Poste anterior da série de 29 de julho de 2014 > Guiné 63/74 - P13443: FAP (81): A propósito do voo MH17 das linhas aéreas da Malásia atingido por um míssil, em 17/7/2014, sob o céu da Ucrânia... Deus nos livre da antiaérea amiga, que da inimiga livramo-nos nós (António Martins de Matos, ex-ten pilav, BA 12, Bissalanca, 1972/74)

segunda-feira, 8 de novembro de 2010

Guiné 63/74 - P7241: Notas de leitura (167): Crónica da Libertação, de Luís Cabral (4) (Mário Beja Santos)

1. Mensagem de Mário Beja Santos* (ex-Alf Mil, Comandante do Pel Caç Nat 52, Missirá e Bambadinca, 1968/70), com data de 4 de Novembro de 2010:

Queridos amigos,
A saga está quase a findar.
Aprecie-se ou não as memórias de Luís Cabral, elas fazem parte dos códices essenciais para estudos futuros. Há certamente omissões, excessos de apreciação, episódios deliberadamente truncados, para trazer benefício à imagem da direcção do PAIGC. Mas é um relato que tem princípio, meio e fim. Resta saber se Luís Cabral deixou outras memórias referentes a este período ou subsequente à sua deposição.

Um abraço do
Mário


“Crónica da Libertação” (4), por Luís Cabral

Beja Santos

A consolidação do PAIGC ao nível interno e internacional

Em 1965, o PAIGC ganhara indiscutivelmente prestígio: vinham jornalistas visitas às chamadas zonas libertadas, foram reduzidas as dificuldades na fronteira senegalesa, a coordenação da acção das organizações nacionalistas das colónias portuguesas eram um facto. 

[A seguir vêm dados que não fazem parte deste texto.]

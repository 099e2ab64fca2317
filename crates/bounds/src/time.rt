ghost use Rattle.std.specs.Prelude.{◌≡◌, ℕ, Bool};
ghost use Rattle.bounds.specs.Bounds.{UpperBound, upto};
ghost use Rattle.bounds.specs.Sums.{bound_of};
ghost use Rattle.bounds.specs.Domains.{Lawful, cycle_allows, cycle_normal, hand_allows, hand_normal};
ghost use Rattle.bounds.specs.DomainLaws.{cycle_lawful, hand_lawful, plan_lawful};
ghost use Rattle.bounds.specs.Chosen.{plan_allows, plan_normal, NormalSays, NormalOfSays, AgreeSays};

use crate::bound::{Bound, equal, in_reach};
use crate::refusal::Refusal;

// A time domain: which scales a state may be written at, and the normal form of a bound, which is met by the same differences.
pub trait TimeDomain {
    // Which scales it allows.
    ghost allows: { Self → ℕ → Bool };

    // The normal form of a bound.
    ghost normal: { Self → UpperBound → UpperBound };

    // What every time domain keeps.
    ghost lawful: { (k : Self) → Lawful (allows k) (normal k) };

    // Whether the scale is allowed.
    fn allows_scale(&self, scale: u32) -> bool
        ensures { result ≡ allows self.now scale };

    // The normal form of a bound; a number beyond ±1,000,000,000 is refused by Number.
    fn normal_form(&self, bound: Bound) -> Result<Bound, Refusal>
        ensures { NormalSays (normal self.now) (upto bound.closed bound.number) result };
}

// Whole ticks: scale 1 alone, and `< c` is `<= c - 1`.
#[derive(Clone, Copy)]
pub struct CycleTime;

impl TimeDomain for CycleTime {
    ghost allows = { λ _. cycle_allows };

    ghost normal = { λ _. cycle_normal };

    ghost lawful = { λ _. cycle_lawful };

    fn allows_scale(&self, scale: u32) -> bool {
        scale == 1
    }

    fn normal_form(&self, bound: Bound) -> Result<Bound, Refusal> {
        if !in_reach(bound) {
            return Err(Refusal::Number);
        }
        if bound.closed {
            return Ok(bound);
        }
        Ok(Bound {
            number: bound.number - 1,
            closed: true,
        })
    }
}

// Any scale from 1 up, and every bound as it is.
#[derive(Clone, Copy)]
pub struct HandTime;

impl TimeDomain for HandTime {
    ghost allows = { λ _. hand_allows };

    ghost normal = { λ _. hand_normal };

    ghost lawful = { λ _. hand_lawful };

    fn allows_scale(&self, scale: u32) -> bool {
        scale >= 1
    }

    fn normal_form(&self, bound: Bound) -> Result<Bound, Refusal> {
        if !in_reach(bound) {
            return Err(Refusal::Number);
        }
        Ok(bound)
    }
}

// Either of the two, chosen as the program runs.
#[derive(Clone, Copy, PartialEq, Eq, Debug)]
pub enum PlanTime {
    Cycle,
    Hand,
}

impl TimeDomain for PlanTime {
    ghost allows = { plan_allows };

    ghost normal = { plan_normal };

    ghost lawful = { plan_lawful };

    fn allows_scale(&self, scale: u32) -> bool {
        match self {
            PlanTime::Cycle => CycleTime.allows_scale(scale),
            PlanTime::Hand => HandTime.allows_scale(scale),
        }
    }

    fn normal_form(&self, bound: Bound) -> Result<Bound, Refusal> {
        match self {
            PlanTime::Cycle => CycleTime.normal_form(bound),
            PlanTime::Hand => HandTime.normal_form(bound),
        }
    }
}

// The normal form of a bound, where there may be none.
pub fn normal_of<T: TimeDomain>(time: &T, bound: Option<Bound>) -> Result<Option<Bound>, Refusal>
    ensures { NormalOfSays (T.normal time.now) (bound_of bound) result }
{
    let Some(bound) = bound else {
        return Ok(None);
    };
    Ok(Some(time.normal_form(bound)?))
}

// Whether two bounds are met by the same differences at every scale that is allowed:
// they are exactly if their normal forms are the same.
pub fn agree<T: TimeDomain>(time: &T, a: Option<Bound>, b: Option<Bound>) -> Result<bool, Refusal>
    ensures { AgreeSays (T.allows time.now) (bound_of a) (bound_of b) result }
{
    let x = normal_of(time, a)?;
    let y = normal_of(time, b)?;
    Ok(equal(x, y))
}
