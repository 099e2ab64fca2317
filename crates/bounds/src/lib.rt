#![tactic(auto)]

pub mod bound;
pub mod refusal;
pub mod tighter;
pub mod time;
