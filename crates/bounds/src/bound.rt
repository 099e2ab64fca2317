ghost use Rattle.std.specs.Prelude.{◌≡◌, true, false};
ghost use Rattle.bounds.specs.Bounds.{upto};
ghost use Rattle.bounds.specs.Sums.{bound_of, Reached, OutOfReach, Vast, SumSays, Equal};

use crate::refusal::Refusal;

// A bound on a difference of two readings: `<= number` if it is closed, and `< number` if not.
// Where there may be none, it is an `Option`.
#[derive(Clone, Copy, PartialEq, Eq, Debug)]
pub struct Bound {
    pub number: i32,
    pub closed: bool,
}

impl Bound {
    // `<= number`
    pub fn at_most(number: i32) -> Bound
        ensures { result ≡ record { number = number; closed = true } }
    {
        Bound {
            number,
            closed: true,
        }
    }

    // `< number`
    pub fn below(number: i32) -> Bound
        ensures { result ≡ record { number = number; closed = false } }
    {
        Bound {
            number,
            closed: false,
        }
    }
}

// The sum of two bounds, of which each may be none; it is `<=` only if both are.
pub fn sum(a: Option<Bound>, b: Option<Bound>) -> Result<Option<Bound>, Refusal>
    ensures { SumSays (bound_of a) (bound_of b) result }
{
    let (Some(x), Some(y)) = (a, b) else {
        return Ok(None);
    };
    let number = i64::from(x.number) + i64::from(y.number);
    if !reaches(number) {
        return Err(Refusal::Number);
    }
    Ok(Some(Bound {
        number: number as i32,
        closed: x.closed && y.closed,
    }))
}

// Whether the number of a bound is within ±1,000,000,000.
pub fn in_reach(bound: Bound) -> bool
    ensures { (result ≡ true → Vast (upto bound.closed bound.number) → ⊥) × (result ≡ false → Vast (upto bound.closed bound.number)) }
{
    reaches(i64::from(bound.number))
}

// Whether a number is within ±1,000,000,000.
fn reaches(number: i64) -> bool
    ensures { (result ≡ true → Reached number) × (result ≡ false → OutOfReach number) }
{
    (-1_000_000_000..=1_000_000_000).contains(&number)
}

// Whether two bounds, of which each may be none, are the same.
pub fn equal(a: Option<Bound>, b: Option<Bound>) -> bool
    ensures { Equal (bound_of a) (bound_of b) result }
{
    a == b
}
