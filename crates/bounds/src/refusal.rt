ghost use Rattle.std.specs.Prelude.{◌≡◌};
ghost use Rattle.bounds.specs.Refusals.{number};

use std::fmt;

// Why a call is refused. `docs/REFUSALS.md` says when each comes, and in which order.
#[derive(Clone, Copy, PartialEq, Eq, Debug)]
pub enum Refusal {
    Line = 1,
    Order = 2,
    Number = 3,
    Name = 4,
    Chance = 5,
    Rows = 6,
    Clocks = 7,
    State = 8,
    Full = 9,
    Range = 10,
    Phase = 11,
    Entry = 12,
    Buffer = 13,
}

impl Refusal {
    // The number that a refusal is told by, from 1.
    pub fn number(self) -> u8
        ensures { result ≡ number self }
    {
        self as u8
    }
}

impl fmt::Display for Refusal {
    ghost use Rattle.std.specs.Prelude.{Some};
    ghost use Rattle.bounds.specs.Refusals.{told};

    ghost output = { λ r. Some (told r) };

    fn fmt<W: fmt::Write>(&self, f: &mut fmt::Formatter<W>) -> fmt::Result {
        f.write_str(match self {
            Refusal::Line => "refused by Line",
            Refusal::Order => "refused by Order",
            Refusal::Number => "refused by Number",
            Refusal::Name => "refused by Name",
            Refusal::Chance => "refused by Chance",
            Refusal::Rows => "refused by Rows",
            Refusal::Clocks => "refused by Clocks",
            Refusal::State => "refused by State",
            Refusal::Full => "refused by Full",
            Refusal::Range => "refused by Range",
            Refusal::Phase => "refused by Phase",
            Refusal::Entry => "refused by Entry",
            Refusal::Buffer => "refused by Buffer",
        })
    }
}

impl std::error::Error for Refusal {}
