ghost use Rattle.std.specs.Prelude.{◌≡◌};
ghost use Rattle.bounds.specs.Tighter.{below, above, lowest, highest, Tightest};

use crate::bound::Bound;

// Lower and upper bounds stand in two orders, so neither is derived.
impl Bound {
    // Of two upper bounds, whether this one is the tighter.
    pub fn is_below(self, other: Bound) -> bool
        ensures { result ≡ below self other }
    {
        (self.number, self.closed) < (other.number, other.closed)
    }

    // Of two lower bounds, whether this one is the tighter.
    pub fn is_above(self, other: Bound) -> bool
        ensures { result ≡ above self other }
    {
        (other.number, self.closed) < (self.number, other.closed)
    }
}

// The tighter of two upper bounds, of which each may be none.
pub fn lowest(a: Option<Bound>, b: Option<Bound>) -> Option<Bound>
    ensures { result ≡ lowest a b }
{
    tightest(a, b, Bound::is_below)
}

// The tighter of two lower bounds, of which each may be none.
pub fn highest(a: Option<Bound>, b: Option<Bound>) -> Option<Bound>
    ensures { result ≡ highest a b }
{
    tightest(a, b, Bound::is_above)
}

// The tighter of two bounds on one side, of which each may be none.
fn tightest<F: Fn(Bound, Bound) -> bool>(
    a: Option<Bound>,
    b: Option<Bound>,
    is_tighter: F,
) -> Option<Bound>
    requires { F.IsAlwaysCallable is_tighter }
    ensures { Tightest (λ x y q. F.post is_tighter x y q) a b result }
{
    let (Some(x), Some(y)) = (a, b) else {
        return a.or(b);
    };
    if is_tighter(x, y) { a } else { b }
}
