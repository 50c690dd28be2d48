// An event of a capture run on the port, and what it prints.
#![tactic(auto)]

ghost use Rattle.std.specs.Prelude.{◌≡◌, ◌*◌, ◌≤◌, length};
ghost use Rattle.capture.specs.declared.Event.TheVariants as event;
ghost use Rattle.telling.specs.Telling.{RunsSlots, slots_left, handed, tells, Tells};
ghost use Rattle.telling.specs.Clauses.{RunStart, RunIsValid, RunIsOver, RunTell, RunCount};

use capture::Event;
use line::Line;
use port::Port;
use refusal::Refusal;
use units::Measurement;

// A run stops after so many slots.
pub const LAST_SLOT: u32 = 100000;

// Where the run of a capture has come to.
#[derive(Clone, Copy)]
pub struct Run {
    pub port: Port,
    pub line: Line,
    // The slots run.
    pub slots: u32,
    // A line of other form has come.
    pub stopped: bool,
}

// What a start hands back.
#[derive(Clone, Copy)]
pub struct Begun {
    pub verdict: Result<(), Refusal>,
    pub run: Run,
}

// What an event makes of a run: how many bytes it printed, or the refusal that left all as it was.
#[derive(Clone, Copy)]
pub struct Told {
    pub wrote: Result<usize, Refusal>,
    pub run: Run,
}

// Runs slots and prints each from the start of the lent memory on, three bytes a slot.
fn put_slots(port: Port, count: u32, out: &mut [u8]) -> Port
    requires { 3 * count ≤ length out.old }
    ensures { RunsSlots count port out.old result out.new }
{
    let mut now = port;
    let mut at = 0;
    for left in (0..count).rev() {
        let slotted = now.slot();
        let sent = slotted.sent;
        printed::put_slot(sent, out, at);
        lent::put_byte(out, at + 2, printed::separator(left));
        let after = slotted.port;
        now = after;
        at += 3;
    }
    now
}

// What is handed back once it was printed: the new run, or, for want of room, the old one.
fn handed_by(wrote: Result<usize, Refusal>, new: Run, old: Run) -> Told
    ensures { result ≡ handed wrote new old }
{
    let run = match wrote {
        Ok(_) => new,
        Err(_) => old,
    };
    Told { wrote, run }
}

impl Run {
    // The session program's lens, started with this start-up letter; a refused start leaves a run that is none.
    #[tactic(auto, unfolding(crate::specs::Telling::start_with))]
    pub fn start(letter: u8) -> Begun
        ensures { RunStart letter result }
    {
        let started = Port::start(
            Port::unstarted(),
            Line::blank(),
            bench_lens::bench_settings(letter),
            bench_lens::bench_measurement(),
        );
        Begun {
            verdict: started.verdict,
            run: Run {
                port: started.port,
                line: started.line,
                slots: 0,
                stopped: false,
            },
        }
    }

    // Whether a handed-in run is one of ours (16): its port, its line, its slots.
    #[tactic(auto, unfolding(crate::specs::Telling::valid_run))]
    pub fn is_valid(self) -> bool
        ensures { RunIsValid self result }
    {
        self.port.is_valid() && self.line.is_valid() && self.slots <= LAST_SLOT
    }

    // Whether the run has ended: by a line of other form, or by its last slot.
    pub fn is_over(self) -> bool
        ensures { RunIsOver self result }
    {
        self.stopped || LAST_SLOT <= self.slots
    }

    // A received byte.
    #[tactic(auto, unfolding(crate::specs::Telling::tells))]
    fn tell_received(self, byte: u8, out: &mut [u8]) -> Told
        ensures { Tells (tells self (event.Received byte)) self out.old result out.new }
    {
        let received = self.port.receive(self.line, byte);
        let run = Run {
            port: received.port,
            line: received.line,
            ..self
        };
        handed_by(printed::put_verdict(received.verdict, out), run, self)
    }

    // A new measurement.
    #[tactic(auto, unfolding(crate::specs::Telling::tells))]
    fn tell_measured(self, measurement: Measurement, out: &mut [u8]) -> Told
        ensures { Tells (tells self (event.Measured measurement)) self out.old result out.new }
    {
        let measured = self.port.measure(measurement);
        let run = Run {
            port: measured.port,
            ..self
        };
        handed_by(printed::put_verdict(measured.verdict, out), run, self)
    }

    // How many of n slots the run has left.
    #[tactic(auto, unfolding(crate::specs::Telling::slots_left))]
    fn slots_left(self, n: u32) -> u32
        ensures { result ≡ slots_left self n }
    {
        n.min(LAST_SLOT.saturating_sub(self.slots))
    }

    // Slots, as many as are left.
    fn tell_slots(self, n: u32, out: &mut [u8]) -> Told
        ensures { Tells (tells self (event.Slots n)) self out.old result out.new }
    {
        let count = self.slots_left(n);
        let need = 3 * count as usize;
        if out.len() < need {
            return Told {
                wrote: Err(Refusal::Room(need)),
                run: self,
            };
        }
        let run = Run {
            port: put_slots(self.port, count, out),
            slots: self.slots + count,
            ..self
        };
        Told {
            wrote: Ok(need),
            run,
        }
    }

    // A line of other form, which ends the run.
    #[tactic(auto, unfolding(crate::specs::Telling::tells))]
    fn tell_other(self, out: &mut [u8]) -> Told
        ensures { Tells (tells self event.Other) self out.old result out.new }
    {
        let run = Run {
            stopped: true,
            ..self
        };
        handed_by(printed::put_verdict(Err(Refusal::Form), out), run, self)
    }

    // Runs an event and prints what it told: 16, then 2. After the run's end it does nothing.
    pub fn tell(self, event: Event, out: &mut [u8]) -> Told
        ensures { RunTell self event out.old result out.new }
    {
        if !self.is_valid() {
            return Told {
                wrote: Err(Refusal::State),
                run: self,
            };
        }
        if self.is_over() {
            return Told {
                wrote: Ok(0),
                run: self,
            };
        }
        match event {
            Event::Received(byte) => self.tell_received(byte, out),
            Event::Slots(n) => self.tell_slots(n, out),
            Event::Measured(measurement) => self.tell_measured(measurement, out),
            Event::Other => self.tell_other(out),
        }
    }

    // The last line: the slots run.
    #[tactic(auto, unfolding(crate::specs::Telling::count_of, crate::specs::Telling::count_leaves))]
    pub fn count(self, out: &mut [u8]) -> Result<usize, Refusal>
        ensures { RunCount self out.old result out.new }
    {
        if !self.is_valid() {
            return Err(Refusal::State);
        }
        printed::put_count(self.slots, out)
    }
}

É nesse contexto que Amílcar Cabral se deslocou a Cuba onde foi participar na Conferência Tricontinental e onde se encontrou com Fidel Castro que trouxe novos apoios para a luta armada. A intervenção de Cabral em Havana, como muito observadores disseram, trouxe a sua consagração como teórico, ao introduzir elementos inovadores no que toca ao proletariado rural e à liderança revolucionária da pequena burguesia. Fidel anunciou vários apoios: preparar combatentes para o desembarque em Cabo Verde, enviar pessoal e material sanitário bem como instrutores para a República da Guiné e zonas libertadas.

Em 1966, estava Amílcar Cabral no Boé, foi descoberta a preparação de um criminoso atentado, tal como escreve Luís Cabral:

 “Os elementos descontentes tinham já aliciado alguns combatentes dos quais um atirador de bazuca seria o autor do miserável atentado quando o Secretário-Geral do partido se tivesse recolhido à sua barraca, para ali passar a noite. Denunciado o atentado por um dos camaradas contactados, o grupo foi preso. Os responsáveis da justiça agiram prontamente, o processo foi organizado, a tentativa de crime comprovada durante o julgamento. Os chefes da monstruosa conspiração foram condenados à pena capital e executados”. 

Porque havia descontentamento, porque era necessário liquidar Amílcar Cabral, o autor não adianta as razões, o que é lastimável se acaso por detrás da tentativa de atentado estavam motivos semelhantes aos de 20 de Janeiro de 1973. Não deixa de ser curioso verificar, segundo Luís Cabral, que Amílcar terá convocado uma reunião de dirigentes em que lera uma declaração segundo a qual se tornasse necessária a tomada de decisões extremas em relação a companheiros, repetindo-se nova tentativa de atentado, ele se retiraria completamente da luta.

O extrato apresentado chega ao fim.